Press Release|Insurance

KBRA Downgrades Ratings for WT Holdings, Inc., Stillwater Insurance Company and Stillwater Property & Casualty Company; Affirms Rating for Evergreen National Indemnity Company

21 Aug 2023   |   New York


KBRA downgrades the issuer and debt ratings for WT Holdings, Inc. to BB+ from BBB- and the insurance financial strength ratings (IFSR) for Stillwater Insurance Company (SIC) and Stillwater Property & Casualty Company (SPAC) to BBB+ from A-. The ratings for SIC, WT Holdings, Inc. and its debt have been removed from Watch Downgrade. All ratings now have a Negative Outlook. KBRA also affirms the A- IFSR for Evergreen National Indemnity Company. The outlook is Stable.

The downgrades reflect the deterioration in SIC's capital position due to significant underwriting losses in 2022 and the first half of 2023. SIC reported $110 million in underwriting losses in 2022 and an additional $68.9 million in the first six months of 2023. Other contributing factors include increased financial leverage at the holding company which may reduce financial flexibility to support the company's current rate of growth and the potential need to source additional capital externally in order to maintain an appropriate risk-based capital level at SIC.

The Negative Outlook reflects KBRA’s expectation that Stillwater’s underwriting results will continue to be challenged, putting further strain on policyholder surplus which, without capital contributions, could deteriorate further. The outlook further reflect that holding company financial leverage metrics have also deteriorated which may reduce the company’s financial flexibility to support its current rate of growth.

The Stable Outlook for Evergreen reflects KBRA’s expectation that Evergreen will continue to maintain its very strong risk-adjusted capitalization and solid operating results, and management will continue to be prudent with respect to overall capital management.

Key Credit Considerations

The ratings for SIC and SPAC reflect their broad and diversified distribution platform, historically sound underwriting leverage, and experienced management team. Stillwater has produced consistent investment income, resulting in net income in six out of the last eight years. Business is generated using a multiple distribution platform, including relationships with over 4,000 independent agencies and several national partners. Stillwater's underwriting and financial analytics use advanced technology for risk selection. Further, KBRA believes Stillwater has good catastrophe risk management with adequate catastrophe reinsurance coverage for all perils.

These positives are somewhat offset by the company’s exposure to natural catastrophes – both wind (hurricane, tornado, and hail) and earthquake. In addition, Stillwater has exposure to California brush and wildfires. This was evident in 2022 where it experienced significant catastrophe losses including its 2nd and 3rd largest wind/hail events in company history. In addition to severe weather catastrophe events, the company experienced an uptick in single family home fires. Auto results also worsened in 2022. Further, the investment portfolio is somewhat aggressive with a high proportion of equities and below investment grade bonds.

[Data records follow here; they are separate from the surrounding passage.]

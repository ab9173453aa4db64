//! The board of pending blocks: its model, the trait of every board, and the laws.
#![tactic(auto)]

mod board;
mod cursor;
mod laws;

pub use board::{Board, Decision, Leading, Pending};
pub use cursor::{Cursor, advance, gather, start_all};
pub use laws::{
    alike_law, children_stay_law, confidence_law, enough_steps_law, excluded_law,
    failing_and_adding_law, failing_twice_law, few_votes_law, few_votes_on_board_law, issue_law,
    keeping_law, line_law, map_law, none_excluded_law, one_quorum_law, poll_law,
    preference_ends_law, room_law, settled_law, standing_law,
};
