ghost use Rattle.std.specs.Prelude.{◌≡◌, ◌≤◌, Bool, List, [], length, IfOk, OnOk, OnErr};
ghost use Rattle.snow_base.specs.Clauses.Gathered.{one_each};
ghost use Rattle.snow_base.specs.Model.Votes.{total_count};
ghost use Rattle.snow_base.specs.declared.block.Header.{Header};
ghost use Rattle.snow_board.specs.Model.Board as model;

use snow_base::{Bag, Header, Id};
use snow_flake::Params;
use std::alloc::{AllocError, Global};

/// Tells that a block was accepted, or rejected.
/// Rule: AvalancheGo, snow/consensus/snowman.
#[derive(Clone, Copy, Debug, PartialEq, Eq)]
pub struct Decision {
    pub accepted: bool,
    pub id: Id,
}

/// The preference of a board, and whether it is known that no block stands above it.
/// Rule: AvalancheGo, snow/consensus/snowman.
#[derive(Clone, Copy)]
pub struct Leading {
    pub block: Id,
    pub is_top: bool,
}

/// A pending block, with the counters of its children in whatever form a board keeps them.
/// Rule: AvalancheGo, snow/consensus/snowman.
#[derive(Drop)]
pub struct Pending<T> {
    pub block: Header,
    pub counters: T,
}

/// A board of pending blocks above a last accepted one. It decides by polls, and meets the same
/// definitions however it is kept. At most 4,096 blocks are pending.
/// Rule: AvalancheGo, snow/consensus/snowman.
pub trait Board: Sized + Drop {
    ghost use Rattle.snow_board.specs.declared.board.Decision.{Decision};
    ghost use Rattle.snow_board.specs.Model.Poll.{poll};
    ghost use Rattle.snow_board.specs.Laws.Alike.{GivesAll};
    ghost use Rattle.snow_board.specs.Model.Preference.{preferred, is_preferred};
    ghost use Rattle.snow_board.specs.Laws.Reached.{MayIssue};

    /// The board that it stands for.
    ghost board: { Self → model.Board };

    /// The decisions of the last poll.
    ghost decided: { Self → List Decision };

    /// How its rule answers from the preference and the flake of a counter. It is for contracts
    /// alone.
    ghost answer: { Bool → Bool → Bool };

    /// Returns a board with this last accepted block at this height, below 2^64, with nothing
    /// pending and no decision. On want of memory it returns `AllocError`.
    /// Rule: AvalancheGo, snow/consensus/snowman.
    fn begin(alloc: Global, params: Params, last: Id, height: u64) -> Result<Self, AllocError>
        ensures board { IfOk result (λ made. board made ≡ model.begin params last height) }
        ensures decided { IfOk result (λ made. decided made ≡ []) };

    /// Issues a block. Its identifier isn't on the board, its parent is, its height is its parent's
    /// plus one, and fewer than 4,096 blocks are pending. It becomes the last pending block, its
    /// parent gets counters for its bits, and there are no decisions then. On want of memory it
    /// returns `AllocError`, and the board and the decisions stay as they were.
    /// Rule: AvalancheGo, snow/consensus/snowman.
    fn issue(&mut self, id: Id, parent: Id, height: u64) -> Result<(), AllocError>
        requires { let child : Header = record { id = id; parent = parent; height = height } in
            MayIssue (board self.old) child }
        ensures board { let child : Header = record { id = id; parent = parent; height = height } in
            OnOk result (board self.new ≡ model.issued (board self.old) child) }
        ensures decided { OnOk result (decided self.new ≡ []) }
        ensures board_stays { OnErr result (board self.new ≡ board self.old) }
        ensures decided_stays { OnErr result (decided self.new ≡ decided self.old) };

    /// Records a poll of at most K votes. A vote counts for its block and for each pending
    /// ancestor; votes for blocks that aren't pending don't count. Every counter makes the bit step
    /// with its own votes, and then the board accepts and rejects blocks while decided counters
    /// lead to one. The board and the decisions are the same for all votes that are alike to these.
    /// It takes no memory and can't fail.
    /// Rule: the Snow family paper and AvalancheGo, snow/consensus/snowman.
    fn apply_poll(&mut self, votes: &Bag)
        requires { total_count votes.now.list ≤ (board self.old).parameters.k }
        ensures board { board self.new ≡ (poll (board self.old) votes.now.list).0 }
        ensures decided { decided self.new ≡ (poll (board self.old) votes.now.list).1 }
        // Each other multiset of at most K votes that is alike to these gives the same.
        ensures alike { GivesAll (board self.old) votes.now.list (board self.new) (decided self.new) };

    /// Records a poll with one vote for each of these identifiers, at most K of them. On want of
    /// memory it returns `AllocError`, and the board and the decisions stay as they were.
    /// Rule: AvalancheGo, snow/consensus/snowman.
    fn apply_votes(&mut self, ids: &[Id]) -> Result<(), AllocError>
        requires { length ids.now ≤ (board self.old).parameters.k }
        ensures board { OnOk result (board self.new ≡ (poll (board self.old) (one_each ids.now)).0) }
        ensures decided { OnOk result (decided self.new ≡ (poll (board self.old) (one_each ids.now)).1) }
        ensures board_stays { OnErr result (board self.new ≡ board self.old) }
        ensures decided_stays { OnErr result (decided self.new ≡ decided self.old) };

    /// Returns the decisions of the last poll, in order: each accepted block, then those rejected
    /// with it in order of issue. They are empty before the first poll and after an issue.
    /// Rule: AvalancheGo, snow/consensus/snowman.
    fn decisions(&self) -> &[Decision]
        ensures { result.now ≡ decided self.now };

    /// Returns the block to which the answers lead from the last accepted one. It is the last
    /// accepted one where nothing is pending.
    /// Rule: AvalancheGo, snow/consensus/snowman.
    fn preference(&self) -> Id
        ensures { result ≡ preferred answer (board self.now) };

    /// Returns whether a block is on the path from the last accepted block to the preference, both
    /// included.
    /// Rule: AvalancheGo, snow/consensus/snowman.
    fn is_preferred(&self, id: &Id) -> bool
        ensures { result ≡ is_preferred answer (board self.now) id.now };

    /// Returns whether a block was issued and isn't decided yet.
    /// Rule: AvalancheGo, snow/consensus/snowman.
    fn is_pending(&self, id: &Id) -> bool
        ensures { result ≡ model.is_pending (board self.now) id.now };

    /// Returns the parent of a pending block, or `None` exactly where the block isn't pending.
    /// Rule: AvalancheGo, snow/consensus/snowman.
    fn parent_of(&self, id: &Id) -> Option<Id>
        ensures { result ≡ model.parent_of (board self.now) id.now };

    /// Returns the height, below 2^64, of a pending block or of the last accepted one, or `None`
    /// exactly where the block is neither.
    /// Rule: AvalancheGo, snow/consensus/snowman.
    fn height_of(&self, id: &Id) -> Option<u64>
        ensures { result ≡ model.height_of (board self.now) id.now };

    /// Returns the last accepted block.
    /// Rule: AvalancheGo, snow/consensus/snowman.
    fn last(&self) -> Id
        ensures { result ≡ (board self.now).last };

    /// Returns the height of the last accepted block, below 2^64.
    /// Rule: AvalancheGo, snow/consensus/snowman.
    fn last_height(&self) -> u64
        ensures { result ≡ (board self.now).height };

    /// Returns how many blocks are pending, at most 4,096 where each issue met its condition.
    /// Rule: AvalancheGo, snow/consensus/snowman.
    fn pending_len(&self) -> usize
        ensures { result ≡ length (board self.now).pending };

    /// Where a counter's preference and flake are one bit, the rule answers that bit.
    ghost agrees: { (b : Bool) → answer b b ≡ b };
}
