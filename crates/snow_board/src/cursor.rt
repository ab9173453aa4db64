ghost use Rattle.std.specs.Prelude.{◌≡◌, ◌+◌, ◌^◌, ◌<◌, ◌≤◌, length, map, All, vec_capacity};

use snow_base::{Bag, Header, Id, Vote};

/// Votes for a block on their way up its line: they look for their own block first, then for its
/// parent, and so on, past the latest pending block first.
/// Rule: AvalancheGo, snow/consensus/snowman.
#[derive(Clone, Copy)]
pub struct Cursor {
    /// The next block on the line.
    pub sought: Id,
    /// The last block on the line that was passed, at first their own.
    pub passed: Id,
    pub count: u32,
}

impl Cursor {
    ghost use Rattle.snow_board.specs.Kept.Cursors.{started, moved, child_at};

    fn new(vote: &Vote) -> Self
        ensures { result ≡ started vote.now }
    {
        Cursor {
            sought: vote.id,
            passed: vote.id,
            count: vote.count,
        }
    }

    // After a block, which is on the line where it is the one that is sought.
    fn moved(self, block: &Header) -> Self
        ensures { result ≡ moved block.now self }
    {
        if block.id == self.sought {
            Cursor {
                sought: block.parent,
                passed: block.id,
                count: self.count,
            }
        } else {
            self
        }
    }

    // The child of the parent by which the line came to it. No block is its own parent.
    fn child_at(&self, parent: &Id) -> Option<Id>
        ensures { result ≡ child_at parent.now self.now }
    {
        if self.sought == *parent && self.passed != *parent {
            Some(self.passed)
        } else {
            None
        }
    }
}

ghost use Rattle.snow_board.specs.Kept.Cursors.{started, moved, votes_at, cursor_total};
ghost use Rattle.snow_board.specs.Model.Conflict.{votes_on};

/// Puts all votes at their own blocks, in place of what `cursors` held. `cursors` has room for
/// them, so it takes no memory.
/// Rule: AvalancheGo, snow/consensus/snowman.
pub fn start_all(cursors: &mut Vec<Cursor>, votes: &[Vote])
    requires { length votes.now ≤ vec_capacity cursors.old }
    ensures cursors { cursors.new.items ≡ map started votes.now }
    ensures room { vec_capacity cursors.new ≡ vec_capacity cursors.old }
{
    cursors.clear();
    for vote in votes {
        cursors.push_reserved(Cursor::new(vote));
    }
}

/// Moves all votes past a block: those that looked for it look for its parent next.
/// Rule: AvalancheGo, snow/consensus/snowman.
pub fn advance(cursors: &mut [Cursor], block: &Header)
    ensures { cursors.new ≡ map (moved block.now) cursors.old }
{
    for cursor in cursors.iter_mut() {
        *cursor = cursor.moved(block);
    }
}

/// Puts the votes that came to a parent into `children`, by the child through which they came.
/// Their counts are above 0 and add up to less than 2^32. It takes no memory, since the bag has
/// places for them.
/// Rule: AvalancheGo, snow/consensus/snowman.
pub fn gather(cursors: &[Cursor], parent: &Id, children: &mut Bag)
    requires places { length cursors.now ≤ children.old.room + length children.old.list }
    requires counts { All (λ c. 0 < c.count) cursors.now }
    requires total { cursor_total cursors.now < 2 ^ 32 }
    ensures votes { votes_on children.new.list ≡ votes_at cursors.now parent.now }
    ensures places { children.old.room + length children.old.list ≤ children.new.room + length children.new.list }
{
    children.clear();
    for cursor in cursors {
        if let Some(child) = cursor.child_at(parent) {
            let _ = children.add(child, cursor.count);
        }
    }
}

Evergreen’s rating reflects its low underwriting leverage, favorable long-term underwriting results and experienced management team in its niche surety business, which focuses on waste sector landfill closure and post-closure bonds. Through prudent underwriting and risk management, Evergreen’s underwriting performance is highlighted by low loss ratios, reporting a five-year average combined ratio of approximately 80%.

These positive rating factors are somewhat constrained by the company’s product concentration in the waste/landfill sector for surety, necessitating a strong reliance on reinsurance. However, this constraint is partially offset by the credit quality and length of relationships with its reinsurance partners, its broad geographic distribution and niche market expertise. Additionally, Evergreen’s investment portfolio is somewhat aggressive with a high proportion of equities and below investment grade bonds. Lastly, despite consistent net income, surplus growth has been, and is expected to be, constrained by shareholder dividends.

Rating Sensitivities

For the Stillwater companies, improved operating profitability and organic surplus growth, improved underwriting leverage and reserve adequacy, and meaningful improvements in auto results could result in a positive rating action. A negative rating action could occur from a failure to meet financial projections provided to KBRA, further deterioration in earnings, an unfavorable change in risk profile, material investment losses, the loss of available and appropriate amount of reinsurance , or a material adverse change in reserves.

For Evergreen, improved profitability and surplus growth and continuation of appropriate underwriting leverage could result in a positive rating action. A negative rating action could occur from significant earnings deterioration, an adverse change in risk profile, loss of key clients, or material investment losses.